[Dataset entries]
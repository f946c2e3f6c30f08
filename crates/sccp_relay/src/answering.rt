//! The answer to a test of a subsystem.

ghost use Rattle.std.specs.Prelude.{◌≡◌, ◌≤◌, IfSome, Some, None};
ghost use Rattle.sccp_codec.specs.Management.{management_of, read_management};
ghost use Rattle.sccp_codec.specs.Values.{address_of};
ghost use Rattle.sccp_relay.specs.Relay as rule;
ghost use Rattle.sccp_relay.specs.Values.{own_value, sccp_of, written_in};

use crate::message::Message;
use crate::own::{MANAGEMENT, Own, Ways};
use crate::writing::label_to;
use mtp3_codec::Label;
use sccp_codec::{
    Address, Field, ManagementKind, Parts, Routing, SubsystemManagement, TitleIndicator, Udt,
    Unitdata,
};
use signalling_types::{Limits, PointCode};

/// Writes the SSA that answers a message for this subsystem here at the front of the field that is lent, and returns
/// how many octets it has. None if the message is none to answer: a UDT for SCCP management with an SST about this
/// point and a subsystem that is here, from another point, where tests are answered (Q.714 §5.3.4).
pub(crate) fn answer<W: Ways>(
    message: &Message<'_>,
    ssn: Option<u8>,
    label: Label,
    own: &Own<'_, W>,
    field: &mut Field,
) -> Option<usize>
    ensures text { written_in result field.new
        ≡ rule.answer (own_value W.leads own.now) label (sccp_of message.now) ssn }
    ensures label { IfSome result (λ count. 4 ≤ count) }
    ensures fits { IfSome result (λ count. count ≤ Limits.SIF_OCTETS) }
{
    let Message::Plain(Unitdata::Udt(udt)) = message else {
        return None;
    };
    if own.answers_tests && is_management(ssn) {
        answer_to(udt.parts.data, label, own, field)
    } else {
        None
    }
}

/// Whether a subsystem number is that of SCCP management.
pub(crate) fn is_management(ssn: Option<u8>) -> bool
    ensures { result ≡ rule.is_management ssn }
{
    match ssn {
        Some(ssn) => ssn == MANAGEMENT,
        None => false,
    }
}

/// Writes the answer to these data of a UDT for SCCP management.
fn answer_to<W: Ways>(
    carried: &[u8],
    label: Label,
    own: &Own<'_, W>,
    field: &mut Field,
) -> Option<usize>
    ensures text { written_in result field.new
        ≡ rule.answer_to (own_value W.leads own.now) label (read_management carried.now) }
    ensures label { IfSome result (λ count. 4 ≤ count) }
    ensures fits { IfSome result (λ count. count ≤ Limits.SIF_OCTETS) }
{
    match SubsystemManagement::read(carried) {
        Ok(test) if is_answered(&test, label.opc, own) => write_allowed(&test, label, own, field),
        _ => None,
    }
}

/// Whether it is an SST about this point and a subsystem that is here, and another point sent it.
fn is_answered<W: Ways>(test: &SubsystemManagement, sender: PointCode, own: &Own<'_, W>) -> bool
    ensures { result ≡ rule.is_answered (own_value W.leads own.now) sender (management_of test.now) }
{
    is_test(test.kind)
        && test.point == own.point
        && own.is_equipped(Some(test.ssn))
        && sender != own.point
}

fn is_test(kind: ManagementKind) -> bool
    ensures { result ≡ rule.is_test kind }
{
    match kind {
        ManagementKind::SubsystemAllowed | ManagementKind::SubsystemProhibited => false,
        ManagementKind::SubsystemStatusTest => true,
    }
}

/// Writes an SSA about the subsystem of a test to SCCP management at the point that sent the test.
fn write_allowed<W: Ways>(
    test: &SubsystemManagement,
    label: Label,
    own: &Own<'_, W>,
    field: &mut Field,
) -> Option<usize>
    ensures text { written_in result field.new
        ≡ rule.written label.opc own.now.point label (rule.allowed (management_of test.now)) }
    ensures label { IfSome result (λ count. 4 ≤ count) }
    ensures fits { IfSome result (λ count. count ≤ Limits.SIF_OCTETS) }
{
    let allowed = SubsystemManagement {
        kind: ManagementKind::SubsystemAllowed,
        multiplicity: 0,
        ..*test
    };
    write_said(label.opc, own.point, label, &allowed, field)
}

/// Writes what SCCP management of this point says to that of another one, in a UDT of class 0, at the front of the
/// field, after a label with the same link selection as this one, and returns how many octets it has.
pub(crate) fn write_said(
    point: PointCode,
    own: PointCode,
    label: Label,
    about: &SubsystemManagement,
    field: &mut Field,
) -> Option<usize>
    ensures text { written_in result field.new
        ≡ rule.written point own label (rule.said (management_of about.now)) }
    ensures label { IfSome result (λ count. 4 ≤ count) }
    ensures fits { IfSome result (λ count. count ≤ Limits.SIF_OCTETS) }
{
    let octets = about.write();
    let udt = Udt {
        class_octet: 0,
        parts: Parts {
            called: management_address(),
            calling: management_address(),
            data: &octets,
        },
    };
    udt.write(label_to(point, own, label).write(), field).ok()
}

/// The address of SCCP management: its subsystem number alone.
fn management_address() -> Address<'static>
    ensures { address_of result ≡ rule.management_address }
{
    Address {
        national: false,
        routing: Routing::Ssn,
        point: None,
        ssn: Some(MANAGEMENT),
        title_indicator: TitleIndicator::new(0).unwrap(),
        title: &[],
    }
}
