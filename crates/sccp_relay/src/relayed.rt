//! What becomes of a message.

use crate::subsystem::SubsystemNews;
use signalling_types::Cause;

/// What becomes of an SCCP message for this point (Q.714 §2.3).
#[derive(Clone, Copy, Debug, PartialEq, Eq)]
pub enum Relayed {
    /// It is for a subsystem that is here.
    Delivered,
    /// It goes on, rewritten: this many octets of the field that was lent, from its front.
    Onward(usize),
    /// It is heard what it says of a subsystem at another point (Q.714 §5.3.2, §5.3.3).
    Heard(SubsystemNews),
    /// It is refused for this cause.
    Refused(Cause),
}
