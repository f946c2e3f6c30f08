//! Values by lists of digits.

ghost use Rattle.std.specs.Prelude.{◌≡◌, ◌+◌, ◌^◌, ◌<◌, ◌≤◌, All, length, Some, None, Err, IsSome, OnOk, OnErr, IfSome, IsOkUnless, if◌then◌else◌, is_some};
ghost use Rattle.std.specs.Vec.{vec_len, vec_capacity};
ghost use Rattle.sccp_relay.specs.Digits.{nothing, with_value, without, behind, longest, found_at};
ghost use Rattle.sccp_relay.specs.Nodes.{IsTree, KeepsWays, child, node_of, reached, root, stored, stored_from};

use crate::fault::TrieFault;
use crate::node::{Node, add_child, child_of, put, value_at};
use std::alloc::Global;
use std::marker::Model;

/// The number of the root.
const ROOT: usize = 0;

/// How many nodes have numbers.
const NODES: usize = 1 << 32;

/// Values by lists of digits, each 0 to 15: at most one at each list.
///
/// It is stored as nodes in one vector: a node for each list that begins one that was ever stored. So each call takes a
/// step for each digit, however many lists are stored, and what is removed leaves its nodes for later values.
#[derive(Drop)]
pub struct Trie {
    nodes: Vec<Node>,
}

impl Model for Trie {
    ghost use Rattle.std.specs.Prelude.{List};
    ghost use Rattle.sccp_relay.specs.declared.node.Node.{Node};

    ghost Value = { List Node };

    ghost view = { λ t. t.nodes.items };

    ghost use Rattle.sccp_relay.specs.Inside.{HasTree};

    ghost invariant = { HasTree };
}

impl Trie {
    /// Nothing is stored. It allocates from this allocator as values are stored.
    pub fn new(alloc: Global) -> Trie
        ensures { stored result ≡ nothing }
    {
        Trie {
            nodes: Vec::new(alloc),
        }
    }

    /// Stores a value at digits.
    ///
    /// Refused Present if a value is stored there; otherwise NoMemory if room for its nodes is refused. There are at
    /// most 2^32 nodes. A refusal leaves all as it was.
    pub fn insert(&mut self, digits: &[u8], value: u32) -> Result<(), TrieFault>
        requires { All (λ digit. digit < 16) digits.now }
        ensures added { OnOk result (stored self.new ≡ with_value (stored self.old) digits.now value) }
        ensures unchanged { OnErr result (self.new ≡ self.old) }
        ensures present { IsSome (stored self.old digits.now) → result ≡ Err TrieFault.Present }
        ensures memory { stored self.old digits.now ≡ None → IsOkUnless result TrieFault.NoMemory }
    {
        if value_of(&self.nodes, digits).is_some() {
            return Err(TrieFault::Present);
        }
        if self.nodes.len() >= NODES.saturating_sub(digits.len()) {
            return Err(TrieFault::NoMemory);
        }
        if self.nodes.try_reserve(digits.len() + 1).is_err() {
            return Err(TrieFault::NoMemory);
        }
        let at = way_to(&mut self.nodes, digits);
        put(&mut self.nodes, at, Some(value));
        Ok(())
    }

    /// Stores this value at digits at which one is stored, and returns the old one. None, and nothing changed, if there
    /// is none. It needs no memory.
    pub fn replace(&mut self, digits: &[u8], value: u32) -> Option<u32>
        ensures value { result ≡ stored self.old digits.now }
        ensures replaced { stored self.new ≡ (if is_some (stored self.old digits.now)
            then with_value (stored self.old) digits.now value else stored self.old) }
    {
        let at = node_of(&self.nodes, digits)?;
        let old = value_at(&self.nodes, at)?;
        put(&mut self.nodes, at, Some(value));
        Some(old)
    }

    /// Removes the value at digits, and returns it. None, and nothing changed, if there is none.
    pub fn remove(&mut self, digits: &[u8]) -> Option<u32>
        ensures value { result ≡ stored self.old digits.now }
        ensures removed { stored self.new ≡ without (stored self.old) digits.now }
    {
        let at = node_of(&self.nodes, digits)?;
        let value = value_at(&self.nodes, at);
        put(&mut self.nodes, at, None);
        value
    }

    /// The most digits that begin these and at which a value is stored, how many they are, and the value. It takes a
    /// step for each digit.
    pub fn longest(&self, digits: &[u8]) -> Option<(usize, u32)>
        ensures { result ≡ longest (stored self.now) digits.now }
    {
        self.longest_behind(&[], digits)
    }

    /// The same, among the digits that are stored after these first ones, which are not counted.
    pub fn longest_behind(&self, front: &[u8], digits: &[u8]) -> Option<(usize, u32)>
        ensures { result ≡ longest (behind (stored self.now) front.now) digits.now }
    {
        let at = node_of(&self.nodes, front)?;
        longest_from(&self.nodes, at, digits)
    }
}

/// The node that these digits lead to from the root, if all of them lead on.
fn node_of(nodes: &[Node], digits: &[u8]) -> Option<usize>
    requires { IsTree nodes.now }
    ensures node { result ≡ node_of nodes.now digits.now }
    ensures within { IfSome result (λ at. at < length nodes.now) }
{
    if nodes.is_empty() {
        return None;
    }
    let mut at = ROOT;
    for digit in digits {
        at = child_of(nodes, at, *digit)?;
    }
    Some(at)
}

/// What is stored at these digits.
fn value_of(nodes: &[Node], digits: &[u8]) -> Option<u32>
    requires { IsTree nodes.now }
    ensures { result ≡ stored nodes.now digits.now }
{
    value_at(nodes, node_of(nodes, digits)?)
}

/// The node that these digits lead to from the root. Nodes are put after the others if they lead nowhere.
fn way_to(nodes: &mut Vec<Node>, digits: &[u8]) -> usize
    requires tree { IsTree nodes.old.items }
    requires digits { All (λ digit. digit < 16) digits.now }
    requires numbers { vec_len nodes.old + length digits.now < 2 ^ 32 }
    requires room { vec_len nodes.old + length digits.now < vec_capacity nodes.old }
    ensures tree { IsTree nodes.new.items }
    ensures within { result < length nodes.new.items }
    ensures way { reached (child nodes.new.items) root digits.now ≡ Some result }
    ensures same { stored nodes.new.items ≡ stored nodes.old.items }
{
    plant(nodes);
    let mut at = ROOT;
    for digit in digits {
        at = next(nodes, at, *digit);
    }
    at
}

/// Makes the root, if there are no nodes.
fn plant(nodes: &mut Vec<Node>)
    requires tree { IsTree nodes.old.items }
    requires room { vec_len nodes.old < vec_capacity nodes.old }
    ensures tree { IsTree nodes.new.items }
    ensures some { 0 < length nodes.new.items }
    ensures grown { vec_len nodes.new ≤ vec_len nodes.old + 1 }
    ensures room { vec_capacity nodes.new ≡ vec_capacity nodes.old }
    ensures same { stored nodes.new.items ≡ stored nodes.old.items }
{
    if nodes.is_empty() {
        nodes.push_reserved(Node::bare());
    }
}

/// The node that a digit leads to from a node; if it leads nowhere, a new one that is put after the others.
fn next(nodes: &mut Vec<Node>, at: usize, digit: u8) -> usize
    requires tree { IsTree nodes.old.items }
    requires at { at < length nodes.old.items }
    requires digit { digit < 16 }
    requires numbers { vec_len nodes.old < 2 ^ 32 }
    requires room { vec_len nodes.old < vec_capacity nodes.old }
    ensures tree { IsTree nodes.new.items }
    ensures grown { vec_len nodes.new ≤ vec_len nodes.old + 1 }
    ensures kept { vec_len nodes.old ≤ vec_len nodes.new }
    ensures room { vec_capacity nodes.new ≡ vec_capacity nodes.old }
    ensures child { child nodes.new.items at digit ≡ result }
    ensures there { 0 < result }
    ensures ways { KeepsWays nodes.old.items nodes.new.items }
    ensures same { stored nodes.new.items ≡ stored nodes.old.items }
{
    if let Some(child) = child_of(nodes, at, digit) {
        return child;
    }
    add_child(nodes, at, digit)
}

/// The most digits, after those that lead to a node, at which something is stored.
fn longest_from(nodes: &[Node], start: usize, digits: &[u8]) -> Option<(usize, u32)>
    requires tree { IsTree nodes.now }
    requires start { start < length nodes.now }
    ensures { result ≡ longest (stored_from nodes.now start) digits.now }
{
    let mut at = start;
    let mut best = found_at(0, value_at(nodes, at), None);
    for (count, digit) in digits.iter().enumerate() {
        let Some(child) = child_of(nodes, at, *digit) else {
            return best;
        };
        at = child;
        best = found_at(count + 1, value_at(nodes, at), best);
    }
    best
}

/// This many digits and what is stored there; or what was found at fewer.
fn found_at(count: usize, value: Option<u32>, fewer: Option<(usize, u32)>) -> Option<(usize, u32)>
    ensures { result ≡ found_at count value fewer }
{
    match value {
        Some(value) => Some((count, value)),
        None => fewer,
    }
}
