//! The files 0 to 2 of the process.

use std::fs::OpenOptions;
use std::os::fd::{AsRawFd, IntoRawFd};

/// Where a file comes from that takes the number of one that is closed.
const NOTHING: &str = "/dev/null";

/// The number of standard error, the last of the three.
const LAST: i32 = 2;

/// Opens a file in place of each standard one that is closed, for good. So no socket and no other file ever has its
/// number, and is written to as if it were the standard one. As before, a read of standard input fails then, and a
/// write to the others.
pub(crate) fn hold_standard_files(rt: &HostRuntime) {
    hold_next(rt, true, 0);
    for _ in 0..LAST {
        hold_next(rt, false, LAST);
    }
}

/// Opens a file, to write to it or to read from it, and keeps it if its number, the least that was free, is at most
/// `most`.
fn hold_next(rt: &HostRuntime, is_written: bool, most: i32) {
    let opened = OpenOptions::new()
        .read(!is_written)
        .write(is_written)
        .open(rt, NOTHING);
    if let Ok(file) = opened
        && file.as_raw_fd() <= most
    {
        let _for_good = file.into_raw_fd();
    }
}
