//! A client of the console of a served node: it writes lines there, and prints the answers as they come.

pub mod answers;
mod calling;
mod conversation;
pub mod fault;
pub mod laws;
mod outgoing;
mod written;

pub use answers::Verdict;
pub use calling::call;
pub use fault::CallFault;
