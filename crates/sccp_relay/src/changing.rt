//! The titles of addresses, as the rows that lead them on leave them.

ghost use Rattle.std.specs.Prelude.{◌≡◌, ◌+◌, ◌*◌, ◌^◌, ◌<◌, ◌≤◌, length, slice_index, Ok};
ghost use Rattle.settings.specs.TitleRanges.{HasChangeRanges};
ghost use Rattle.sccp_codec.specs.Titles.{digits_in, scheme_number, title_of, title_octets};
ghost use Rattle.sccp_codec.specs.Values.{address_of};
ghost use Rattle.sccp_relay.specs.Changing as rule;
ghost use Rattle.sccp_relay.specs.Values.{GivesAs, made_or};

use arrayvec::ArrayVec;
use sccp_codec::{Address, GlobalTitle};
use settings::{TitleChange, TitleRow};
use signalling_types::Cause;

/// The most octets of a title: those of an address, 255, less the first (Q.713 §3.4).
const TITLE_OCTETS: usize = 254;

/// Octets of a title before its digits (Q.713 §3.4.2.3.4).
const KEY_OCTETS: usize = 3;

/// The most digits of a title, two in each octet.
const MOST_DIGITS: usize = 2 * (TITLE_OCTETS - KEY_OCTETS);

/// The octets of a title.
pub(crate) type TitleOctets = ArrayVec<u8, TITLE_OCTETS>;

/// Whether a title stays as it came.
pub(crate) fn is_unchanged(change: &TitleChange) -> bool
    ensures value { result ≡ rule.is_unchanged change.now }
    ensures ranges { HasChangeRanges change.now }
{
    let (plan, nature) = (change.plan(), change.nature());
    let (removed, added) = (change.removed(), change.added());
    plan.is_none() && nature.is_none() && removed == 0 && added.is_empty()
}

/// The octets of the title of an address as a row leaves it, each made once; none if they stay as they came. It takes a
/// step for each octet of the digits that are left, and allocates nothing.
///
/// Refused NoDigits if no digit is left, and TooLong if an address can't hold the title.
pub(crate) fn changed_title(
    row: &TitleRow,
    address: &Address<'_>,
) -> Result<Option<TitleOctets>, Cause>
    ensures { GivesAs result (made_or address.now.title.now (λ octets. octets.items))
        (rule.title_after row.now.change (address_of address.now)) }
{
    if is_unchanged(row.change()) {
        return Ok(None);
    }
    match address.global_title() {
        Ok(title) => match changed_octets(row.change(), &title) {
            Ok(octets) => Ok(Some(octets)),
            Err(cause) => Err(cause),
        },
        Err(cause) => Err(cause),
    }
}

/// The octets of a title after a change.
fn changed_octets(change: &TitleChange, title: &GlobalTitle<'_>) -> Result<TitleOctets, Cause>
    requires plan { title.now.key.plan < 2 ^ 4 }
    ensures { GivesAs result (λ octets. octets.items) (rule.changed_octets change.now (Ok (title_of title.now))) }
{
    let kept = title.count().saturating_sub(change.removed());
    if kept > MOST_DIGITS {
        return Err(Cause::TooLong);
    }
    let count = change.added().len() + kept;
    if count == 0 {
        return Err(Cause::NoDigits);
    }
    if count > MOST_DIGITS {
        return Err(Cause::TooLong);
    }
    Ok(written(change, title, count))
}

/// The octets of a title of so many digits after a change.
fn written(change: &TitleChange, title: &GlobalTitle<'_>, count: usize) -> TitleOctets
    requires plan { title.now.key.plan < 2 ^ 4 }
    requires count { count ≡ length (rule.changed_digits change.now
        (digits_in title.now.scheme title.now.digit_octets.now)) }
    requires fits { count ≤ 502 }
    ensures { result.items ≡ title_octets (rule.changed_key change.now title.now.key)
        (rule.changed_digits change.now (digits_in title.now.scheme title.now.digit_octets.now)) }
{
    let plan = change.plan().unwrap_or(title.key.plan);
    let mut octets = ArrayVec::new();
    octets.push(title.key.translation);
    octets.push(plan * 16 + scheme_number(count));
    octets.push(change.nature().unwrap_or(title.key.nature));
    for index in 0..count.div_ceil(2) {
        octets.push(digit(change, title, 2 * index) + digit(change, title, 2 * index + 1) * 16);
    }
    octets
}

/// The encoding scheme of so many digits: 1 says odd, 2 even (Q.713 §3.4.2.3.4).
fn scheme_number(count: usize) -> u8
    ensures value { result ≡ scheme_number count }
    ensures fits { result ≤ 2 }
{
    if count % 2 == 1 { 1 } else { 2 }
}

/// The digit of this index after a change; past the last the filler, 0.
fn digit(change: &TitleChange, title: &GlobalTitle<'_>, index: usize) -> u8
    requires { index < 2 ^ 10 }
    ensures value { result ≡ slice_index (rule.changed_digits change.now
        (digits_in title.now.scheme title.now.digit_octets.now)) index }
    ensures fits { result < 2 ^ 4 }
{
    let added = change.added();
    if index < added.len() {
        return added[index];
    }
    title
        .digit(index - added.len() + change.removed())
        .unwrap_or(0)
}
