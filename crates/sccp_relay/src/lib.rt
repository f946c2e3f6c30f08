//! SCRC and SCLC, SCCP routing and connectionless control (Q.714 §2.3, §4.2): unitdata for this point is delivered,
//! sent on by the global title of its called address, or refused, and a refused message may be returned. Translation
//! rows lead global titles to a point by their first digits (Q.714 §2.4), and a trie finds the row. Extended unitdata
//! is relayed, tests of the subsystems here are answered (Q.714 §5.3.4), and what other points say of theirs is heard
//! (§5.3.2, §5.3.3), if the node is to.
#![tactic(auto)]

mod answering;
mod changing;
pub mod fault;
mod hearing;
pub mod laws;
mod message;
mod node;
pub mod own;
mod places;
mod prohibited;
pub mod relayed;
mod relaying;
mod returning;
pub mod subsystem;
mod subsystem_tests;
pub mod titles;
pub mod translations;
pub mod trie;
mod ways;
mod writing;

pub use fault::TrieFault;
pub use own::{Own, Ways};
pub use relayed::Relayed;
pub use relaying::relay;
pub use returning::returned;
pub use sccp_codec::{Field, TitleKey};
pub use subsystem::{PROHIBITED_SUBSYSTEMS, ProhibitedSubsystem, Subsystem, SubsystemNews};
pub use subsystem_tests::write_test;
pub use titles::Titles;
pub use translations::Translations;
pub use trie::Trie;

Exercise directions
Above are the records; repeat exactly the lines from the one holding "longest_from(&self.nodes, at, digits)" down to the one holding "digits.now < vec_capacity", end lines included.

Result of this task
        longest_from(&self.nodes, at, digits)
    }
}

/// The node that these digits lead to from the root, if all of them lead on.
fn node_of(nodes: &[Node], digits: &[u8]) -> Option<usize>
    requires { IsTree nodes.now }
    ensures node { result ≡ node_of nodes.now digits.now }
    ensures within { IfSome result (λ at. at < length nodes.now) }
{
    if nodes.is_empty() {
        return None;
    }
    let mut at = ROOT;
    for digit in digits {
        at = child_of(nodes, at, *digit)?;
    }
    Some(at)
}

/// What is stored at these digits.
fn value_of(nodes: &[Node], digits: &[u8]) -> Option<u32>
    requires { IsTree nodes.now }
    ensures { result ≡ stored nodes.now digits.now }
{
    value_at(nodes, node_of(nodes, digits)?)
}

/// The node that these digits lead to from the root. Nodes are put after the others if they lead nowhere.
fn way_to(nodes: &mut Vec<Node>, digits: &[u8]) -> usize
    requires tree { IsTree nodes.old.items }
    requires digits { All (λ digit. digit < 16) digits.now }
    requires numbers { vec_len nodes.old + length digits.now < 2 ^ 32 }
    requires room { vec_len nodes.old + length digits.now < vec_capacity nodes.old }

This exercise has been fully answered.